# cómo usar función BUSCAR cuando los datos son "parecido



## josevaldesv (May 13, 2004)

hola.. por fin logré utilizar BIEN la función BUSCAR de excel.
PERO no me pone correctamente el resultado cuando en la misma columna hay valores "texto" parecidos. i.e.: "curso inglés" y "curso inglés para TOEFL".
En una hoja, le pido a la celda que revise otra celda, y la compare con la columna de otra hoja, y en caso de ser igual, que me regrese el valor que tiene otra celda.
EJEM: en D2 =BUSCAR(C2,Curso,Cursos!$A$1:$A$102)
Curso es una LISTA que contiene los datos B1:B102 de la hoja Cursos.

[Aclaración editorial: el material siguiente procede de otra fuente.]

// Worked examples: what the definitions give on small markets that are expanded, computed by the
// checker. Who doubts a definition can follow them by hand.

ghost use Rattle.std.specs.Prelude.{◌≡◌, [], ◌∷◌, Option};
ghost use Rattle.market.specs.Mechanism.{mechanism};
ghost use Rattle.reserved_seats.specs.Expansion.{expanded};
ghost use Rattle.reserved_seats.specs.Examples.{one_programme, third_marked, two_wishes, first_marked};

/// One general and one reserved seat, and a marked candidate of the worst rank: the best candidate
/// holds the general seat, the marked one the reserved seat, and the one between them none.
#[tactic(auto, unfolding(market::proofs::Computes::computes, crate::specs::Expansion::expanded))]
pub fn marked_candidate_last()
    ensures lists { (expanded (one_programme (0 ∷ 1 ∷ 2 ∷ [])) third_marked).lists
        ≡ (0 ∷ []) ∷ (0 ∷ []) ∷ (0 ∷ 1 ∷ []) ∷ [] }
    ensures placement { let m = expanded (one_programme (0 ∷ 1 ∷ 2 ∷ [])) third_marked in
        (mechanism m).placement ≡ Option.Some 0 ∷ Option.None ∷ Option.Some 1 ∷ [] }
{}

/// The same where the marked candidate is the best: the general seat comes first in the list, so
/// the reserved one stays free.
#[tactic(auto, unfolding(market::proofs::Computes::computes, crate::specs::Expansion::expanded))]
pub fn marked_candidate_first()
    ensures { (mechanism (expanded (one_programme (2 ∷ 0 ∷ 1 ∷ [])) third_marked)).placement
        ≡ Option.None ∷ Option.None ∷ Option.Some 0 ∷ [] }
{}

/// A marked candidate takes general seats in both types, and the list is cut between the general
/// and the reserved seats of the first programme; the second round gives the other candidate the
/// seat that this frees.
#[tactic(auto, unfolding(market::proofs::Computes::computes, crate::specs::Expansion::expanded))]
pub fn cut_between_two_seats()
    ensures lists { (expanded two_wishes first_marked).lists
        ≡ (0 ∷ 2 ∷ 1 ∷ 3 ∷ []) ∷ (1 ∷ []) ∷ [] }
    ensures placement { (mechanism (expanded two_wishes first_marked)).placement
        ≡ Option.Some 0 ∷ Option.Some 1 ∷ [] }
    ensures rounds { (mechanism (expanded two_wishes first_marked)).rounds ≡ 2 }
    ensures cuts { (mechanism (expanded two_wishes first_marked)).cuts ≡ 1 }
{}
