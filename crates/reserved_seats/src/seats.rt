// How many seats are reserved, and for whom.

ghost use Rattle.std.specs.Prelude.{◌≡◌};
ghost use Rattle.reserved_seats.specs.Reservations.{AreWithinQuota};

use std::marker::Model;

/// The reserved seats of each programme, which come on top of its quota, and for each candidate
/// whether the candidate is marked.
#[derive(Drop)]
pub struct Reserved {
    seats: Vec<u32>,
    marked: Vec<bool>,
}

impl Model for Reserved {
    ghost use Rattle.reserved_seats.specs.Reservations.{Reservation, AreWithinQuota};

    ghost Value = { Reservation };

    ghost view = { λ r. record { seats = r.seats.items; marked = r.marked.items } };

    ghost invariant = { λ r. AreWithinQuota r.seats.items };
}

impl Reserved {
    /// So many seats of each programme, at most `MAX_QUOTA`, for these candidates. It takes no
    /// memory.
    pub fn from_parts(seats: Vec<u32>, marked: Vec<bool>) -> Reserved
        requires { AreWithinQuota seats.items }
        ensures { result ≡ record { seats = seats.items; marked = marked.items } }
    {
        Reserved { seats, marked }
    }

    /// The reserved seats of each programme.
    pub fn seats(&self) -> &[u32]
        ensures seats { result.now ≡ self.now.seats }
        ensures limit { AreWithinQuota self.now.seats }
    {
        &self.seats
    }

    /// For each candidate whether the candidate is marked.
    pub fn marked(&self) -> &[bool]
        ensures { result.now ≡ self.now.marked }
    {
        &self.marked
    }
}
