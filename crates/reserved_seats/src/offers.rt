// The two kinds of seats, and offers: what stands between a row of the programmes file and an index
// of a market.

ghost use Rattle.std.specs.Prelude.{◌≡◌, ◌+◌, ◌<◌, ◌≤◌, length, Option};
ghost use Rattle.place_base.specs.declared.limits.TheConstants.{MOST_PROGRAMMES};
ghost use Rattle.reserved_seats.specs.Offers.{general, reserved, index_of, offer_at};
ghost use Rattle.reserved_seats.specs.Fields.{code_of, letter_of, seat_of};

use place_base::Finder;

/// A kind of seats.
#[derive(Clone, Copy, Debug, PartialEq, Eq)]
pub enum Seat {
    /// Those that every candidate may hold.
    General,
    /// Those that marked candidates alone may hold.
    Reserved,
}

impl Seat {
    /// The letter that prints it: `G` or `R`.
    pub fn letter(self) -> &'static [u8]
        ensures letter { result.now ≡ letter_of self }
        ensures back { seat_of result.now ≡ Option.Some self }
    {
        match self {
            Seat::General => b"G",
            Seat::Reserved => b"R",
        }
    }

    /// The kind that a field names, None exactly where it is neither `G` nor `R`.
    pub fn of_letter(field: &[u8]) -> Option<Seat>
        ensures { result ≡ seat_of field.now }
    {
        match field {
            b"G" => Some(Seat::General),
            b"R" => Some(Seat::Reserved),
            _ => None,
        }
    }
}

/// An offer: a row of the programmes file, and the kind of its seats.
#[derive(Clone, Copy, Debug, PartialEq, Eq)]
pub struct Offer {
    /// The index of the row.
    pub row: u32,
    /// Which of its seats.
    pub seat: Seat,
}

impl Offer {
    /// The general seats of a row.
    pub fn general(row: u32) -> Offer
        ensures { result ≡ general row }
    {
        Offer {
            row,
            seat: Seat::General,
        }
    }

    /// The reserved seats of a row.
    pub fn reserved(row: u32) -> Offer
        ensures { result ≡ reserved row }
    {
        Offer {
            row,
            seat: Seat::Reserved,
        }
    }

    /// The offer at an index of the market of a file with so many rows. The general seats of a row
    /// stand at its own index, and the reserved ones so many behind it.
    pub fn at(rows: u32, index: u32) -> Offer
        ensures offer { result ≡ offer_at rows index }
        ensures back { index_of rows result ≡ index }
        ensures row { index < rows + rows → result.row < rows }
    {
        if index < rows {
            Offer::general(index)
        } else {
            Offer::reserved(index - rows)
        }
    }

    /// Its index in the market of a file with so many rows.
    pub fn index(self, rows: u32) -> u32
        requires few { rows ≤ MOST_PROGRAMMES }
        requires row { self.row < rows }
        ensures index { result ≡ index_of rows self }
        ensures back { offer_at rows result ≡ self }
    {
        match self.seat {
            Seat::General => self.row,
            Seat::Reserved => rows + self.row,
        }
    }

    /// The code that prints it, beside the letter of its seats where the file has reserved ones.
    pub fn code<P: Finder>(self, programmes: &P) -> u64
        requires { self.row < length (P.numbers programmes.now) }
        ensures { result ≡ code_of (P.numbers programmes.now) self }
    {
        programmes.number_at(self.row)
    }
}
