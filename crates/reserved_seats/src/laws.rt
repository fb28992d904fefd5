// The laws.

ghost use Rattle.market.specs.Stability.{IsStable};
ghost use Rattle.reserved_seats.specs.Expansion.{expanded};
ghost use Rattle.reserved_seats.specs.Holders.{AreAcceptableOffers, HoldReservedLast};

use crate::Reserved;
use market::{Market, Placement};

/// In the expanded market a programme's general seats are acceptable to a candidate exactly where
/// the programme is in the market itself, and its reserved seats exactly where the candidate is
/// marked as well.
///
/// A law: it changes and answers nothing, and a call gives it to a proof.
pub fn acceptable_offers(market: &Market, reserved: &Reserved)
    ensures { AreAcceptableOffers market.now reserved.now }
{
    // Its clause says that the market is valid.
    let _ = market.type_count();
}

/// In every stable placement of the expanded market, who holds a reserved seat is marked, and the
/// general seats of the same programme are all held by candidates with a better rank.
///
/// A law: it changes and answers nothing, and a call gives it to a proof.
pub fn reserved_seats_last(market: &Market, reserved: &Reserved, placement: &Placement)
    requires { IsStable (expanded market.now reserved.now) placement.now }
    ensures { HoldReservedLast market.now reserved.now placement.now }
{
    // Its clause says that the market is valid.
    let _ = market.type_count();
}
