// The table of a settings file: a line for each junction, by rising number.
ghost use Rattle.std.specs.Prelude.{◌≡◌, ◌≤◌, length, IfOk};

use crate::NamedFile;
use console::{Ends, Failure};
use description::{add_rate_words, points_in};
use standard::{Record, Refusal};
use words::Text;

// A junction: its current setting, and its previous one where one is kept; and where the next junction begins.
#[derive(Clone, Copy)]
struct Row {
    junction: u16,
    current: Record,
    previous: Option<Record>,
    next: usize,
}

// The junction whose entries begin at a place of the file; none at the end.
fn row_at(file: &[u8], at: usize) -> Option<Row> {
    let own = listing::entry_at(file, at)?;
    let row = Row {
        junction: own.junction,
        current: own.record,
        previous: None,
        next: own.next,
    };
    match listing::entry_at(file, own.next) {
        Some(second) if second.previous => Some(Row {
            previous: Some(second.record),
            next: second.next,
            ..row
        }),
        _ => Some(row),
    }
}

// Adds the line of a junction: its rate at the left of the column, M0 to M5, and the rate of the previous setting where there is one.
fn add_row(text: &mut Text<'_>, row: Row)
    ensures { length text.new.bytes.now ≡ length text.old.bytes.now }
{
    let r = row.current;
    let mut room = [0; 32];
    let mut rate = Text::new(&mut room);
    add_rate_words(&mut rate, r);
    text.add_right(8, row.junction as u64);
    text.add_values(b"  ", &[]);
    text.add_left(13, rate.as_slice());
    for m in r.index {
        text.add_right(5, points_in(r, m));
    }
    match row.previous {
        None => text.add_values(b"  none\n", &[]),
        Some(previous) => {
            text.add_values(b"  ", &[]);
            add_rate_words(text, previous);
            text.add_values(b"\n", &[]);
        }
    }
}

// Writes the line of a junction.
fn write_row(e: Ends<'_>, row: Row) -> Result<(), Failure> {
    let mut room = [0; 128];
    let mut text = Text::new(&mut room);
    add_row(&mut text, row);
    e.write(text.as_slice())
}

// Writes the lines of all junctions, and answers how many there are and how many of them have a previous setting. A file has no more
// junctions than bytes.
fn write_rows(e: Ends<'_>, file: &[u8]) -> Result<(usize, usize), Failure>
    ensures { IfOk result (λ p. (p.1 ≤ p.0) × (p.0 ≤ length file.now)) }
{
    let mut kept = 0;
    let mut at = 0;
    for rows in 0..file.len() {
        let Some(row) = row_at(file, at) else {
            return Ok((rows, kept));
        };
        write_row(e, row)?;
        kept += row.previous.is_some() as usize;
        at = row.next;
    }
    Ok((file.len(), kept))
}

impl NamedFile<'_> {
    // Writes the table of the file, which has these bytes, and says how many junctions it has.
    pub(crate) fn list(self, bytes: &[u8]) -> Result<(), Failure> {
        if !rules::is_file(bytes) {
            return Err(self.refuse(0, Refusal::FileBroken, false));
        }
        self.e.write(b"junction  rate            M0   M1   M2   M3   M4   M5  previous\n")?;
        let (rows, kept) = write_rows(self.e, bytes)?;
        self.e.tell(
            b"# junction~, # with a previous setting",
            &[rows as u64, kept as u64],
        );
        Ok(())
    }
}
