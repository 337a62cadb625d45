// What the program does with a settings file: it makes one, lists it, puts a setting, goes back to one and shows one. What the entries
// refuse is said, and a file is changed by way of a temporary one.
#![tactic(auto)]

mod asked;
mod saving;
mod sentences;
mod table;

ghost use Rattle.std.specs.Prelude.{◌≡◌, take};

pub use asked::{Asked, Command, asked_in};
use console::{Ends, Failure};
use sentences::say_changed;
use standard::Record;
use words::Text;

// The most bytes that are read of a settings file and written to one; a file that keeps the rules has fewer.
const MOST_BYTES: usize = 131072;

// The first n bytes; all of them where there are no more.
fn front(bytes: &[u8], n: usize) -> &[u8]
    ensures { result.now ≡ take n bytes.now }
{
    &bytes[0..n.min(bytes.len())]
}

// What is changed for a junction: a CP is put as its setting, or its two settings are exchanged.
#[derive(Clone, Copy)]
enum Change {
    Put(Record),
    Back,
}

// A settings file: its name, and what the program reads, writes and says things on.
#[derive(Clone, Copy)]
struct NamedFile<'a> {
    e: Ends<'a>,
    name: &'a [u8],
}

impl NamedFile<'_> {
    // Makes the file with no junction, where there is none of this name, and says so.
    // `two` is handed on to `empty_file`, whose clauses have the flag.
    fn make(self, two: bool) -> Result<(), Failure> {
        self.is_missing()?;
        self.save(versions::empty_file(two))?;
        self.e.tell_name(b"@ made, with no junction", self.name);
        Ok(())
    }

    // Saves what the bytes of the file are changed to for a junction, and says what the change is. `back` is handed on to the sentence.
    fn keep(self, bytes: &[u8], changed: &[u8], junction: u16, back: bool) -> Result<(), Failure> {
        self.save(changed)?;
        let previous = settings::look_up(bytes, junction).ok();
        // A file that was written has a setting for the junction.
        if let Ok(current) = settings::look_up(changed, junction) {
            say_changed(self.e, junction, back, current, previous);
        }
        Ok(())
    }

    // Changes the file, which has these bytes, for a junction; says what that is refused for.
    fn change(self, bytes: &[u8], junction: u16, change: Change) -> Result<(), Failure> {
        let mut out = [0u8; MOST_BYTES];
        let (written, back) = match change {
            Change::Put(r) => (settings::put(bytes, junction, r, &mut out), false),
            Change::Back => (settings::go_back(bytes, junction, &mut out), true),
        };
        let length = written.map_err(|x| self.refuse_change(junction, x, back))?;
        self.keep(bytes, front(&out, length), junction, back)
    }

    // Shows the current setting of a junction of the file, which has these bytes, as a CP or in plain words.
    // `as_cp` is a word of the command: both ways need the record and its CP first, so a closure for each would be longer.
    fn show(self, bytes: &[u8], junction: u16, as_cp: bool) -> Result<(), Failure> {
        let r = settings::look_up(bytes, junction).map_err(|x| self.refuse(junction, x, false))?;
        let mut cp = [0u8; 122];
        // A setting of a file is no CP that is refused.
        let bit_count = cp::write_cp(r, &mut cp).unwrap_or(0);
        if as_cp {
            return self.e.write(front(&cp, bit_count.div_ceil(8)));
        }
        write_words(self.e, r, bit_count)
    }

    // Reads the file and does with its bytes what is to be done; says so where it cannot be read.
    fn with_bytes<F: FnOnce(&[u8]) -> Result<(), Failure>>(self, f: F) -> Result<(), Failure>
        requires { F.IsAlwaysCallable f }
    {
        let NamedFile { e, name } = self;
        // A buffer and a count: the program uses no heap.
        let mut bytes = [0u8; MOST_BYTES];
        let count = e.fill_from(name, &mut bytes).map_err(|_| e.fail(
            b"v91 settings FILE new makes a settings file",
            &[],
        ))?;
        f(&bytes[0..count])
    }
}

// Writes what a CP of so many bits says, in plain words.
// The pictures of `v91` are written so too, each by way of a buffer of its own size, which the function makes.
fn write_words(e: Ends<'_>, r: Record, bit_count: usize) -> Result<(), Failure> {
    let mut room = [0; 8192];
    let mut text = Text::new(&mut room);
    description::add_record(&mut text, r, bit_count);
    e.write(text.as_slice())
}

// Puts a setting for a junction of the settings file of this name; an error where it could not.
pub fn put(e: Ends<'_>, name: &[u8], junction: u16, r: Record) -> Result<(), Failure> {
    let file = NamedFile { e, name };
    file.with_bytes(|bytes| file.change(bytes, junction, Change::Put(r)))
}

// Does what is asked of the settings file of this name; an error where it could not.
pub fn run(e: Ends<'_>, name: &[u8], command: Command) -> Result<(), Failure> {
    let file = NamedFile { e, name };
    match command {
        Command::New { two } => file.make(two),
        Command::List => file.with_bytes(|bytes| file.list(bytes)),
        Command::Back(junction) => {
            file.with_bytes(|bytes| file.change(bytes, junction, Change::Back))
        }
        Command::Show { junction, as_cp } => {
            file.with_bytes(|bytes| file.show(bytes, junction, as_cp))
        }
    }
}
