// What is said of a settings file: what a call of it is refused for, and what it changed.
ghost use Rattle.std.specs.Prelude.{◌≡◌, length};

use crate::NamedFile;
use console::{Ends, Failure};
use description::add_rate_words;
use standard::{Record, Refusal};
use words::Text;

impl NamedFile<'_> {
    // Says what a call for a junction is refused for; in a going back a setting that is missing is the previous one. `back` picks a sentence and
    // no step, here and below.
    pub(crate) fn refuse(self, junction: u16, x: Refusal, back: bool) -> Failure {
        let NamedFile { e, name } = self;
        let junction = junction as u64;
        match x {
            Refusal::FileBroken => e.fail_name(
                b"@ is no settings file: it breaks the rules of one, or a CP in it is refused (refusal 22)",
                name,
            ),
            Refusal::SettingMissing if back => e.fail_values(
                b"@ has no previous setting for junction # (refusal 23)",
                &[junction],
                name,
            ),
            Refusal::SettingMissing => e.fail_values(
                b"@ has no setting for junction # (refusal 23)",
                &[junction],
                name,
            ),
            Refusal::TooManyJunctions => e.fail_values(
                b"@ has # junctions, the most there can be, so junction # cannot be put (refusal 24)",
                &[versions::version_two().most as u64, junction],
                name,
            ),
            _ => e.fail_name(b"@ is refused", name),
        }
    }

    // Says what a put or a going back is refused for, and that the file is not changed.
    pub(crate) fn refuse_change(self, junction: u16, x: Refusal, back: bool) -> Failure {
        self.refuse(junction, x, back);
        self.fail_as_it_was()
    }
}

// Adds what is changed for a junction: its current setting is put, or gone back to, and the one before it, where it has one, is kept.
fn add_changed(
    text: &mut Text<'_>,
    junction: u16,
    back: bool,
    current: Record,
    previous: Option<Record>,
)
    ensures { length text.new.bytes.now ≡ length text.old.bytes.now }
{
    text.add_values(
        if back {
            b"v91: junction #: back to "
        } else {
            b"v91: junction #: "
        },
        &[junction as u64],
    );
    add_rate_words(text, current);
    match previous {
        None => text.add_values(b" put, its first setting\n", &[]),
        Some(previous) => {
            text.add_values(if back { b", " } else { b" put, " }, &[]);
            add_rate_words(text, previous);
            text.add_values(b" kept as the previous setting\n", &[]);
        }
    }
}

// Says what is changed for a junction, whose settings are these then.
pub(crate) fn say_changed(
    e: Ends<'_>,
    junction: u16,
    back: bool,
    current: Record,
    previous: Option<Record>,
) {
    let mut room = [0; 256];
    let mut text = Text::new(&mut room);
    add_changed(&mut text, junction, back, current, previous);
    e.tell_text(text.as_slice());
}
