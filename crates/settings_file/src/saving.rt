// A settings file written by way of a temporary one: this is written whole, synced and closed, and takes the other's name at the end. Where
// any of that fails the settings file is as it was.
ghost use Rattle.std.specs.Prelude.{◌≤◌, length};

use crate::NamedFile;
use console::{Ends, Failure, Sink, SystemError};
use std::fs::File;

// The bytes of the longest name of a temporary file and more: the system takes 4,095.
const NAME_BYTES: usize = 4160;

// Puts the name of a settings file with .tmp behind it into `text`, and returns its length; that of `text`, with which no file can be
// opened, where there is no room.
fn temporary_of(name: &[u8], text: &mut [u8]) -> usize
    ensures { result ≤ length text.old }
{
    let start = name.len();
    if text.len() < start {
        return text.len();
    }
    if text.len() - start < 4 {
        return text.len();
    }
    text[0..start].copy_from_slice(name);
    text[start..start + 4].copy_from_slice(b".tmp");
    start + 4
}

// Writes bytes to an open file, has the system keep them, and closes the file.
fn write_closed(e: Ends<'_>, file: File, bytes: &[u8]) -> Result<(), SystemError> {
    e.send_out(Sink::Opened(&file), bytes)?;
    file.sync_all()?;
    Ok(())
}

impl NamedFile<'_> {
    // Removes the file where what was done with it failed, so that there is none afterwards.
    fn or_removed(self, done: Result<(), SystemError>) -> Result<(), SystemError> {
        done.inspect_err(|_| {
            // What is told is the error that came first.
            let _ = self.e.remove(self.name);
        })
    }

    // Writes the file; where that fails, there is none afterwards.
    fn write(self, bytes: &[u8]) -> Result<(), SystemError> {
        let file = self.e.open_overwrite(self.name)?;
        self.or_removed(write_closed(self.e, file, bytes))
    }

    // Writes the temporary file and gives it the name of the settings file; says so where that fails.
    fn save_as(self, name: &[u8], bytes: &[u8]) -> Result<(), Failure> {
        let fail = |template: &[u8], error| self.e.fail_system(error, template, self.name);
        self.write(bytes)
            .map_err(|error| fail(b"cannot write @: ", error))?;
        self.or_removed(self.e.rename(self.name, name))
            .map_err(|error| fail(b"cannot rename @: ", error))
    }

    // Says that the settings file is not changed.
    pub(crate) fn fail_as_it_was(self) -> Failure {
        self.e.fail_name(b"@ is as it was", self.name)
    }

    // Saves the settings file; says so where that fails.
    pub(crate) fn save(self, bytes: &[u8]) -> Result<(), Failure> {
        // A buffer and a count: the program uses no heap, and a Text would show the name's control characters as question marks.
        let mut text = [0u8; NAME_BYTES];
        let n = temporary_of(self.name, &mut text);
        let temporary = NamedFile {
            name: &text[0..n],
            ..self
        };
        temporary
            .save_as(self.name, bytes)
            .map_err(|_| self.fail_as_it_was())
    }

    // Says so where there is a file of this name, and where the system does not tell.
    pub(crate) fn is_missing(self) -> Result<(), Failure> {
        let NamedFile { e, name } = self;
        match e.open_read(name) {
            Ok(_) => Err(e.fail_name(b"@ is there already; it is as it was", name)),
            Err(SystemError::NoFile) => Ok(()),
            Err(error) => {
                e.fail_system(error, b"cannot open @: ", name);
                Err(self.fail_as_it_was())
            }
        }
    }
}
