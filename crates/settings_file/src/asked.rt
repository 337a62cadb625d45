// What the words of the command settings ask for: FILE, one of new, list, put, back and show, and what that takes.
use console::{Ends, Failure};

// What is asked for: the CP of a file put as the setting of a junction, or what needs no CP.
#[derive(Clone, Copy)]
pub enum Asked {
    Put(u16),
    Run(Command),
}

// What needs no CP: a file made, of version 2 or 1, its junctions listed, and the setting of a junction exchanged with the one before it or
// shown, as a CP or in plain words.
#[derive(Clone, Copy)]
pub enum Command {
    New { two: bool },
    List,
    Back(u16),
    Show { junction: u16, as_cp: bool },
}

// The words that follow FILE.
#[derive(Clone, Copy)]
enum Form {
    New,
    List,
    Put,
    Back,
    Show,
}

const FORMS: [(&[u8], Form); 5] = [
    (b"new", Form::New),
    (b"list", Form::List),
    (b"put", Form::Put),
    (b"back", Form::Back),
    (b"show", Form::Show),
];

impl Form {
    // The fewest and the most words of a command with this word behind FILE.
    fn word_counts(self) -> (usize, usize) {
        match self {
            Form::New => (3, 4),
            Form::List => (3, 3),
            Form::Put => (5, 5),
            Form::Back => (4, 4),
            Form::Show => (4, 5),
        }
    }
}

// The word that follows FILE; says so where it is another.
fn form_in(e: Ends<'_>, words: &[u8]) -> Result<Form, Failure> {
    let word = parts::nth_part(words, 0, 2);
    parts::named(&FORMS, word).ok_or_else(|| {
        e.fail_name(
            b"after FILE settings takes new, list, put, back or show, not @",
            word,
        )
    })
}

// Whether a new file is of version 2: the version that word 3 names, 1 where there is no such word; says so where it names another.
fn two_in(e: Ends<'_>, words: &[u8]) -> Result<bool, Failure> {
    if parts::part_count(words, 0) < 4 {
        return Ok(false);
    }
    match parts::nth_part(words, 0, 3) {
        b"1" => Ok(false),
        b"2" => Ok(true),
        word => Err(e.fail_name(b"after new there may be the version, 1 or 2, not @", word)),
    }
}

// The junction that word 3 names; says so where it names none.
fn junction_in(e: Ends<'_>, words: &[u8]) -> Result<u16, Failure> {
    let word = parts::nth_part(words, 0, 3);
    let junction = parts::number_in(word).and_then(|number| u16::try_from(number).ok());
    junction.ok_or_else(|| e.fail_name(b"JUNCTION is a number from 0 to 65535, not @", word))
}

// Whether a CP is asked for: word 4 is cp where there is one; says so where it is another.
fn as_cp_in(e: Ends<'_>, words: &[u8]) -> Result<bool, Failure> {
    if parts::part_count(words, 0) < 5 {
        return Ok(false);
    }
    let word = parts::nth_part(words, 0, 4);
    if !word.eq_ignore_ascii_case(b"cp") {
        return Err(e.fail_name(b"after JUNCTION there may be the word cp, not @", word));
    }
    Ok(true)
}

// What the words ask for; says what is wrong with them.
pub fn asked_in(e: Ends<'_>, words: &[u8]) -> Result<Asked, Failure> {
    let form = form_in(e, words)?;
    let (least, most) = form.word_counts();
    e.has(words, least, most)?;
    let command = match form {
        Form::New => Command::New {
            two: two_in(e, words)?,
        },
        Form::List => Command::List,
        Form::Put => return junction_in(e, words).map(Asked::Put),
        Form::Back => Command::Back(junction_in(e, words)?),
        Form::Show => {
            let as_cp = as_cp_in(e, words)?;
            let junction = junction_in(e, words)?;
            Command::Show { junction, as_cp }
        }
    };
    Ok(Asked::Run(command))
}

Espero se me pueda ayudar....
Cuando no tengo datos parecidos en toda la columna, los resultados son perfectos.

Por si ayuda, C2 contiene un dato seleccionado de una lista desplegable, la cual obtengo de la LISTA Curso, que es donde le pido se compare.


----------



## Juan Pablo González (May 13, 2004)

*Re: cómo usar función BUSCAR cuando los datos son "pare*

Usando BUSCARV:

=BUSCARV(C2, Cursos!$A$1:$B$102, 2, 0)


----------



## josevaldesv (May 13, 2004)

agradezco pronta respuesta....
lo pondré en funcionamiento en este momento....

además me salieron dos nuevos errores, algo extraños.. probemos


----------



## josevaldesv (May 13, 2004)

MUCHAS GRACIAS...
ha funcionado a la perfección

sólo necesité hacer una hoja "fantasma" extra en la que le especifico a todas las celdas de la columna B, que sean iguales a la columna A de la otra hoja, y a la columna A de esta hoja que sea igual a la columna B de la otra...
esto por la forma en que me conviene acomodar la información.

gracias.


----------